In January I had the chance to attend Storage Field Day 19 in Santa Clara, where we got to meet with a wide variety of startups and large enterprise storage companies. One of the more interesting companies we meet with was MinIO which has a really interesting and compelling object-based storage product.
I’ve talked about object storage here before, but it’s a very different paradigm than the traditional block based storage you may currently be using. With block storage files are split into evenly sized blocks of data (typically somewhere between 64 KB and 1 MB depending on your vendor). Data protection is provided by traditional RAID options.
Object storage on the other hand doesn’t split files into blocks. Files are stored as objects which contain the file data, metadata, and a unique identifier. There is no limit on the size or amount of the metadata associated with the file. If you have ever created a managed disk in Azure, taken a backup to URL, or used an Azure SQL Database you’ve used object based storage. In object based storage, redundancy is generally provided by maintaining three copies of the object (e.g. a write isn’t considered complete until it writes to all three copies).
Object storage is designed to solve problems of scale. One of the things I learned at Comcast was that the cost of SAN storage didn’t scale to some of the massive petabyte scale data problems we had. The management overhead, the cost, and sometimes even the storage itself does not scale. This is a problem largely for companies like Microsoft, Amazon, Google, Facebook, etc, who have massive amounts of data to store. But as data volumes grow there are lots of other firms who have very large volumes that they need to manage.

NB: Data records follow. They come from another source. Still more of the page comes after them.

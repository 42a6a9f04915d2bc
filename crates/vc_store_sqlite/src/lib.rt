//! A keeper of texts in a database file, or in memory for this run alone.
#![tactic(auto)]

pub mod keeper;

pub use keeper::{FileKeeper, SqlKeeper};

#[cfg(test)]
mod tests;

MinIO is a firm that offers such a solution. MinIO offers open source storage management software that offers extremely fast (183 GB/s reads and 171 GB/s writes). It is fully compatible with Amazon’s S3 API, which has somewhat become the de facto standard for object storage. They were working on Azure Blob Storage support when we visited.
One of the ways MinIO is able to get such good performance out of pretty standard hardware is by taking advantage of SIMD processor instructions, which all more text and number crunching to be performed per CPU instruction which dramatically increases performance. SQL Server uses this through the query processor’s use of batch mode.
MinIO’s storage can also be used as a persistent store for Kubernetes (drink), or used for systems like Spark, TensorFlow, and a replacement for Hadoop HDFS. Where you would probably use this in your environment would be to replace your file servers, or as a target for container storage, or maybe even an analytic store. Or you want to become a cloud storage provider and you need to host 50 PB of data in your data center.